I think it's important to cover the basics. I'm no teacher and at the beginning I was trying to keep up with the work being set by school which involved video lessons on things like fractions which I could barely understand myself! It was time consuming and stressful and I found myself snapping and getting impatient which was awful for both me and dc. If I wasn't working full time I would have had the time to spend doing it properly but I haven't so we stopped that. But I am insisting that everyday we have some sort of routine including Bitesize, reading, times tables, a few maths activities and English/handwriting practice. It's nowhere near what he would be doing at school but it's something.

There are some parents who have basically taken on the role of teacher and are covering everything school sends. There are some doing nothing at all. There are some like me doing odds and sods.

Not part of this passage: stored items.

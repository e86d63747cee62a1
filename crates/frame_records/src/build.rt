ghost use Rattle.std.specs.Prelude.{◌≡◌, false, IfSome, IfNone, MatchOption, find, option_map};
ghost use Rattle.std.specs.List.Sorted.{IsSortedByKey, IsStrictlyIncreasing};
ghost use Rattle.page_ids.specs.Ids.{id_cmp};
ghost use Rattle.frame_records.specs.Bases.{IsAscending, has_page, are_too_many, is_body_long, is_next_after_z, IsLeastTwice, IsBuildFault};
ghost use Rattle.frame_records.specs.Loops.{IsUnrefused, AreSorted};

use crate::frame::Frame;
use crate::limits::{MOST_BODY, MOST_LISTED};
use page_ids::{FrameId, PageNo};
use thiserror::Error;

/// Why two lists make no base. The first that applies is answered, in this order.
#[derive(Debug, Clone, Copy, PartialEq, Eq, Error)]
pub enum BuildFault {
    /// B4: over 65,535 frames, or over 65,535 outside pages as listed, double ones too.
    #[error("too many frames or outside pages")]
    TooMany,
    /// B5: a body of over 4,096 bytes; the smallest id of such a frame.
    #[error("a body is too long")]
    BodyTooLong(FrameId),
    /// B3: `next` on a frame `z`; the smallest id of such a frame.
    #[error("next on a frame z")]
    NextAfterZ(FrameId),
    /// B1: the smallest id that two frames have.
    #[error("two frames of one id")]
    Duplicate(FrameId),
    /// B2: the smallest page that is listed as outside and has a frame.
    #[error("an outside page has a frame")]
    OutsideInside(PageNo),
}

pub fn are_too_many(outside: &[PageNo], frames: &[Frame]) -> bool
    ensures { result ≡ are_too_many outside.now frames.now }
{
    frames.len() > MOST_LISTED || outside.len() > MOST_LISTED
}

pub fn is_body_long(frame: &Frame) -> bool
    ensures { result ≡ is_body_long frame.now }
{
    frame.body.as_slice().len() > MOST_BODY
}

pub fn is_next_after_z(frame: &Frame) -> bool
    ensures { result ≡ is_next_after_z frame.now }
{
    frame.next && frame.id.letter.get() == b'z'
}

// The first of the frames whose body is too long.
fn first_long(frames: &[Frame]) -> Option<FrameId>
    ensures { result ≡ option_map (λ f. f.id) (find is_body_long frames.now) }
{
    match frames.iter().find(|frame| is_body_long(frame)) {
        Some(frame) => Some(frame.id),
        None => None,
    }
}

// The first frame `z` that has `next`.
fn first_next_after_z(frames: &[Frame]) -> Option<FrameId>
    ensures { result ≡ option_map (λ f. f.id) (find is_next_after_z frames.now) }
{
    match frames.iter().find(|frame| is_next_after_z(frame)) {
        Some(frame) => Some(frame.id),
        None => None,
    }
}

// The first id that two neighbours share.
fn shared_id(frames: &[Frame]) -> Option<FrameId>
    requires { IsSortedByKey (λ f. f.id) id_cmp frames.now }
    ensures none { IfNone result (IsAscending frames.now) }
    ensures least { IfSome result (IsLeastTwice frames.now) }
{
    for i in 1..frames.len() {
        if frames[i - 1].id == frames[i].id {
            return Some(frames[i].id);
        }
    }
    None
}

fn page_has_frame(frames: &[Frame], page: PageNo) -> bool
    requires { IsAscending frames.now }
    ensures { result ≡ has_page frames.now page }
{
    frames
        .binary_search_by_key(&page, |frame| frame.id.page)
        .is_ok()
}

// The first outside page that has a frame.
fn outside_inside(outside: &[PageNo], frames: &[Frame]) -> Option<PageNo>
    requires { IsAscending frames.now }
    ensures { result ≡ find (has_page frames.now) outside.now }
{
    outside
        .iter()
        .copied()
        .find(|page| page_has_frame(frames, *page))
}

// Sorts both lists in place, and keeps each page once.
pub fn sort(outside: &mut Vec<PageNo>, frames: &mut Vec<Frame>)
    requires { are_too_many outside.old.items frames.old.items ≡ false }
    ensures { AreSorted outside.old.items outside.new.items frames.old.items frames.new.items }
{
    outside.sort_unstable();
    outside.dedup();
    frames.sort_unstable_by_key(|frame| frame.id);
}

// The first refusal of lists that are sorted and few enough.
pub fn first_fault(outside: &[PageNo], frames: &[Frame]) -> Option<BuildFault>
    requires few { are_too_many outside.now frames.now ≡ false }
    requires frames { IsSortedByKey (λ f. f.id) id_cmp frames.now }
    requires pages { IsStrictlyIncreasing outside.now }
    ensures { MatchOption result (IsUnrefused outside.now frames.now) (IsBuildFault outside.now frames.now) }
{
    if let Some(id) = first_long(frames) {
        return Some(BuildFault::BodyTooLong(id));
    }
    if let Some(id) = first_next_after_z(frames) {
        return Some(BuildFault::NextAfterZ(id));
    }
    if let Some(id) = shared_id(frames) {
        return Some(BuildFault::Duplicate(id));
    }
    match outside_inside(outside, frames) {
        Some(page) => Some(BuildFault::OutsideInside(page)),
        None => None,
    }
}
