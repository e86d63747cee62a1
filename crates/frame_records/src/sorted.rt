//! Lists in order, and their binary search.

ghost use Rattle.std.specs.Prelude.{◌≡◌, ◌<◌, ◌≤◌, find, length, map};
ghost use Rattle.std.specs.Ordering.{is_eq, nat_cmp};
ghost use Rattle.page_ids.specs.Ids.{id_cmp};
ghost use Rattle.std.specs.Option.{option_copied};
ghost use Rattle.std.specs.List.Sorted.{IsStrictlyIncreasing};
ghost use Rattle.frame_records.specs.declared.limits.TheConstants.{MOST_LISTED};
ghost use Rattle.frame_records.specs.Bases.{IsAscending, frame_among, frames_compared, lists_page, pages_compared, IsSearchable, comparisons};

use crate::frame::Frame;
use crate::probe::{Probe, search};
use page_ids::{FrameId, PageNo};
use std::cmp::Ordering;
use std::marker::Model;

/// An entry of a list in which a key can be sought by binary search.
pub trait Entry<K> {
    ghost use Rattle.std.specs.declared.cmp.Ordering.{Ordering as Comparison};

    /// How an entry compares with a key.
    ghost against: { Self → K → Comparison };

    /// How the entry compares with a key.
    fn against(&self, wanted: &K) -> Ordering
        ensures { result ≡ against self.now wanted.now };
}

// Entries that are compared with a key.
#[derive(Drop)]
struct EntryProbe<'a, E: Entry<K>, K> {
    entries: &'a [E],
    wanted: &'a K,
    asked: u32,
}

impl<'a, E: Entry<K>, K> Model for EntryProbe<'a, E, K> {
    ghost use Rattle.std.specs.Prelude.{map};
    ghost use Rattle.frame_records.specs.Bases.{ProbeView};

    ghost Value = { ProbeView };

    ghost view = { λ p. record { orderings = map (λ e. E.against e p.wanted.now) p.entries.now; count = p.asked } };
}

impl<E: Entry<K>, K> Probe for EntryProbe<'_, E, K> {
    ghost orderings = { λ p. p.orderings };

    ghost count = { λ p. p.count };

    fn len(&self) -> usize {
        self.entries.len()
    }

    fn asked(&self) -> u32 {
        self.asked
    }

    fn ask(&mut self, i: usize) -> Ordering {
        self.asked += 1;
        self.entries[i].against(self.wanted)
    }
}

// The entries beside the key that is wanted of them.
fn entries_beside<'a, E: Entry<K>, K>(entries: &'a [E], wanted: &'a K) -> EntryProbe<'a, E, K>
    ensures orderings { result.orderings ≡ map (λ e. E.against e wanted.now) entries.now }
    ensures fresh { result.count ≡ 0 }
{
    EntryProbe {
        entries,
        wanted,
        asked: 0,
    }
}

/// The entry that is equal to a key, by binary search, and how many entries were compared with it: at most 16. Takes no memory.
pub fn binary_search<'a, E: Entry<K>, K>(entries: &'a [E], wanted: &K) -> (Option<&'a E>, u32)
    requires few { length entries.now ≤ MOST_LISTED }
    requires searchable { IsSearchable (map (λ e. E.against e wanted.now) entries.now) }
    ensures value { option_copied result.0 ≡ find (λ e. is_eq (E.against e wanted.now)) entries.now }
    ensures exact { result.1 ≡ comparisons (map (λ e. E.against e wanted.now) entries.now) }
    ensures most { result.1 ≤ 16 }
    ensures least { 0 < length entries.now → 1 ≤ result.1 }
{
    let mut probe = entries_beside(entries, wanted);
    match search(&mut probe) {
        Some(at) => (Some(&entries[at]), probe.asked()),
        None => (None, probe.asked()),
    }
}

impl Entry<FrameId> for Frame {
    ghost against = { λ frame id. id_cmp frame.id id };

    fn against(&self, wanted: &FrameId) -> Ordering {
        self.id.cmp(wanted)
    }
}

impl Entry<PageNo> for PageNo {
    ghost against = { nat_cmp };

    fn against(&self, wanted: &PageNo) -> Ordering {
        self.cmp(wanted)
    }
}

// The frame of an id among frames that ascend, and how many of them were compared with it.
pub fn find_among(frames: &[Frame], id: FrameId) -> (Option<&Frame>, u32)
    requires few { length frames.now ≤ MOST_LISTED }
    requires ascending { IsAscending frames.now }
    ensures value { option_copied result.0 ≡ frame_among frames.now id }
    ensures exact { result.1 ≡ frames_compared frames.now id }
    ensures most { result.1 ≤ 16 }
    ensures least { 0 < length frames.now → 1 ≤ result.1 }
{
    binary_search(frames, &id)
}

// Whether a page is among pages that ascend, and how many of them were compared with it.
pub fn is_among(pages: &[PageNo], page: PageNo) -> (bool, u32)
    requires few { length pages.now ≤ MOST_LISTED }
    requires ascending { IsStrictlyIncreasing pages.now }
    ensures value { result.0 ≡ lists_page pages.now page }
    ensures exact { result.1 ≡ pages_compared pages.now page }
    ensures most { result.1 ≤ 16 }
    ensures least { 0 < length pages.now → 1 ≤ result.1 }
{
    let (found, asked) = binary_search(pages, &page);
    (found.is_some(), asked)
}
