//! The binary search that counts what it compares.

ghost use Rattle.std.specs.Prelude.{◌≡◌, ◌≢◌, ℕ, ◌<◌, ◌≤◌, ◌+◌, List, length, slice_get, IfSome, IfNone, Some};
ghost use Rattle.std.specs.declared.cmp.Ordering.TheVariants.{Equal};
ghost use Rattle.frame_records.specs.declared.limits.TheConstants.{MOST_LISTED};
ghost use Rattle.frame_records.specs.Bases.{IsSearchable, comparisons};

use std::cmp::Ordering;

/// Entries that are compared with what is wanted. Contracts see how each one compares, and the number of comparisons so far.
pub trait Probe {
    ghost use Rattle.std.specs.declared.cmp.Ordering.{Ordering as Comparison};

    /// How each entry compares with what is wanted, in order.
    ghost orderings: { Self → List Comparison };

    /// How many entries were compared.
    ghost count: { Self → ℕ };

    /// How many entries there are.
    fn len(&self) -> usize
        ensures { result ≡ length (orderings self.now) };

    /// How many entries were compared.
    fn asked(&self) -> u32
        ensures { result ≡ count self.now };

    /// How the i-th entry, from 0, compares with what is wanted. It counts as one comparison.
    fn ask(&mut self, i: usize) -> Ordering
        requires in_range { i < length (orderings self.old) }
        requires room { count self.old < MOST_LISTED }
        ensures answer { slice_get (orderings self.old) i ≡ Some result }
        ensures same { orderings self.new ≡ orderings self.old }
        ensures counted { count self.new ≡ count self.old + 1 };
}

/// The index of the entry that is equal to what is wanted, by binary search: at most 16 comparisons. Takes no memory.
///
/// The entries are in order: those that are less, then at most one that is equal, then those that are greater.
pub fn search<P: Probe>(probe: &mut P) -> Option<usize>
    requires fresh { P.count probe.old ≡ 0 }
    requires few { length (P.orderings probe.old) ≤ MOST_LISTED }
    requires searchable { IsSearchable (P.orderings probe.old) }
    ensures found { IfSome result (λ i. slice_get (P.orderings probe.old) i ≡ Some Equal) }
    ensures none { IfNone result ((i : ℕ) → slice_get (P.orderings probe.old) i ≢ Some Equal) }
    ensures same { P.orderings probe.new ≡ P.orderings probe.old }
    ensures exact { P.count probe.new ≡ comparisons (P.orderings probe.old) }
    ensures most { P.count probe.new ≤ 16 }
    ensures least { 0 < length (P.orderings probe.old) → 1 ≤ P.count probe.new }
{
    let mut low = 0;
    let mut high = probe.len();
    while low < high {
        let middle = low + (high - low) / 2;
        match probe.ask(middle) {
            Ordering::Equal => return Some(middle),
            Ordering::Less => low = middle + 1,
            Ordering::Greater => high = middle,
        }
    }
    None
}
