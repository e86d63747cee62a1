ghost use Rattle.std.specs.Prelude.{◌≡◌};

use crate::numbers::{GroupNo, Pence};
use page_ids::{FrameId, PageNo};
use std::marker::Model;

/// What the centre sends before a frame's body.
#[derive(Debug, Clone, Copy, PartialEq, Eq)]
pub enum Lead {
    /// The screen is cleared, and the position is the start of row 1.
    Clear,
    /// Nothing: the frame is painted over what is there.
    Keep,
}

/// The bytes of a frame's body, as they are sent. Contracts see the list.
#[derive(Debug, Drop)]
pub struct Body {
    bytes: Vec<u8>,
}

impl Model for Body {
    ghost use Rattle.std.specs.Prelude.{List, ℕ};

    ghost Value = { List ℕ };

    ghost view = { λ b. b.bytes.items };
}

impl Body {
    /// A body of these bytes. Its length is judged where a base is built.
    pub fn of(bytes: Vec<u8>) -> Body
        ensures { result ≡ bytes.items }
    {
        Body { bytes }
    }

    /// The bytes.
    pub fn as_slice(&self) -> &[u8]
        ensures { result.now ≡ self.now }
    {
        self.bytes.as_slice()
    }
}

/// A frame as a base holds it.
#[derive(Debug, Drop)]
pub struct Frame {
    pub id: FrameId,
    /// What each showing costs.
    pub price: Pence,
    /// The closed user group to which it belongs; without one the frame is open.
    pub group: Option<GroupNo>,
    /// Whether `#` leads on to the following letter.
    pub next: bool,
    /// The pages to which the digits 0 to 9 lead.
    pub routes: [Option<PageNo>; 10],
    pub lead: Lead,
    pub body: Body,
}
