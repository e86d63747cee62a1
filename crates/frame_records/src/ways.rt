//! The ways on from a frame: what each seeks, and where it leads.

ghost use Rattle.std.specs.Prelude.{◌≡◌};
ghost use Rattle.frame_records.specs.Ways.{next_sought, sought, missing_by, destination_of};

use crate::base::{Base, Sought};
use crate::frame::Frame;
use crate::groups::Groups;
use crate::numbers::Pence;
use page_ids::{FrameId, PageNo, Way};

/// Where a way of a frame leads, for a caller.
#[derive(Debug, Clone, Copy, PartialEq, Eq)]
pub enum Destination {
    /// The frame doesn't offer the way.
    NotOffered,
    /// The base has the frame that is sought and it is open to the caller; its price.
    Found(FrameId, Pence),
    /// The base has the frame and it isn't open to the caller.
    Closed(FrameId),
    /// The base lacks the frame.
    Missing(FrameId),
    /// The base lacks the frame of a route's page, and the page is listed as outside.
    Outside(PageNo),
}

impl Frame {
    // The frame of the following letter, if `next` offers it.
    fn following(&self) -> Option<FrameId>
        ensures { result ≡ next_sought self.now }
    {
        if self.next { self.id.following() } else { None }
    }

    /// The frame that a way seeks, if the frame offers it: a route its page's frame `a`, `#` that of the following
    /// letter.
    pub fn sought(&self, way: Way) -> Option<FrameId>
        ensures { result ≡ sought self.now way }
    {
        match way {
            Way::Route(digit) => self.routes[digit.get() as usize].map(FrameId::first),
            Way::Next => self.following(),
        }
    }
}

impl Base {
    // A frame that a way seeks and the base lacks.
    fn missing(&self, way: &Way, id: FrameId) -> Destination
        ensures { result ≡ missing_by self.now way.now id }
    {
        match way {
            Way::Route(_) if self.is_outside(id.page) => Destination::Outside(id.page),
            _ => Destination::Missing(id),
        }
    }

    /// Where a way of a frame leads, for a caller of these groups.
    pub fn follow(&self, frame: &Frame, way: Way, groups: &Groups) -> Destination
        ensures { result ≡ destination_of groups.now self.now frame.now way }
    {
        let Some(id) = frame.sought(way) else {
            return Destination::NotOffered;
        };
        match self.seek(id, groups) {
            Sought::Found(price) => Destination::Found(id, price),
            Sought::Closed => Destination::Closed(id),
            Sought::Missing => self.missing(&way, id),
        }
    }
}
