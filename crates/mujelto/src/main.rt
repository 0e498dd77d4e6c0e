// The program mujelto: packs a claims list, and shows a packet.
// The words of the command line choose a command; a command reads its files, calls the libraries and prints.
// A refusal and every other failure end with status 1.
#![tactic(auto)]

mod commands;
mod failures;
mod files;

use failures::Failure;
use std::env;
use std::process::ExitCode;

// Runs the command that the words after the program's name choose.
fn run(rt: &HostRuntime) -> Result<(), Failure> {
    let words: Vec<String> = env::args(rt)?.skip(1).collect(rt.alloc())?;
    commands::run(rt, words.as_slice())
}

fn main(rt: HostRuntime) -> ExitCode {
    match run(&rt) {
        Ok(()) => ExitCode::SUCCESS,
        Err(failure) => {
            let _ = eprint!(rt; "{failure}");
            ExitCode::FAILURE
        }
    }
}
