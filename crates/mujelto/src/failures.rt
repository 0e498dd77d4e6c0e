// What ends a command early, and how it is told.
use std::alloc::AllocError;
use std::io;
use thiserror::Error;

// Each is told by whole lines, for the standard error.
#[derive(Debug, Drop, Error)]
pub enum Failure {
    // A fault that the output has told already.
    #[error("")]
    Refused,
    // A line to tell.
    #[error("{0}\n")]
    Line(String),
    // A line to tell, and then the usage.
    #[error("{0}\n{usage}", usage = USAGE)]
    Usage(String),
    #[error("mujelto: out of memory\n")]
    Memory(#[from(alloc)] AllocError),
    #[error("mujelto: {0}\n")]
    Output(#[from] io::Error),
}

pub const USAGE: &str =
    "usage: mujelto pack CLAIMS PACKET   makes a packet of a claims list, and shows it
       mujelto show PACKET          checks a packet, and lists its claims
       mujelto help                 prints this
";
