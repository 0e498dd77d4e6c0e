// The files that the commands read and write.
use super::failures::Failure;
use std::alloc::Global;
use std::io::Read;
use std::rt::Files;
use std::{fs, io};

// One byte more than a packet has at most: what is longer is refused by its front as by the whole.
const PACKET_FRONT: u64 = 32769;

const LIST_LIMIT: u64 = 1048576;

fn named(heap: Global, path: &str, error: io::Error) -> Failure {
    format!(in heap; "{path}: {error}").map_or_else(Failure::from, Failure::Line)
}

fn front(rt: &(impl Files + AllocGlobal), path: &str, limit: u64) -> io::Result<Vec<u8>> {
    let mut bytes = Vec::new(rt.alloc());
    fs::open(rt, path)?.take(limit).read_to_end(&mut bytes)?;
    Ok(bytes)
}

// The front of a file, or a line that names the file.
fn named_front(
    rt: &(impl Files + AllocGlobal),
    path: &str,
    limit: u64,
) -> Result<Vec<u8>, Failure> {
    front(rt, path, limit).map_err(|error| named(rt.alloc(), path, error))
}

pub fn read_packet(rt: &(impl Files + AllocGlobal), path: &str) -> Result<Vec<u8>, Failure> {
    named_front(rt, path, PACKET_FRONT)
}

// A claims list of at most 1 MiB.
pub fn read_list(rt: &(impl Files + AllocGlobal), path: &str) -> Result<Vec<u8>, Failure> {
    let bytes = named_front(rt, path, LIST_LIMIT + 1)?;
    if bytes.len() as u64 > LIST_LIMIT {
        return Err(Failure::Line(format!(in rt.alloc();
            "{path}: a claims list has at most {LIST_LIMIT} bytes"
        )?));
    }
    Ok(bytes)
}

pub fn write_packet(
    rt: &(impl Files + AllocGlobal),
    path: &str,
    bytes: &[u8],
) -> Result<(), Failure> {
    fs::write(rt, path, bytes).map_err(|error| named(rt.alloc(), path, error))
}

I think it depends on the circumstances but I wouldn't feel comfortable with mine doing nothing otherwise he'd be on a screen all day.

Littlepond · 20/05/2020 07:56

It’s about attitude and discipline. Show your children that you value their education, that it is important! Because a “do or don’t” attitude - when you’ve said you are a SAHM so you have time - basically says learning isn’t important, and you don’t care. Are Letting kids do whatever they want for potentially 5 months? That’s gonna be hard to come back from.

Pleasenodont · 20/05/2020 07:58

Yes, YABU.

Early key stage 1 pupils don’t need to do rigid schoolwork, they can learn mostly through play. Year 5 is a different story all together, your child will be undertaking SATS in a years time. Huge disservice to your child to just ignore their education for months.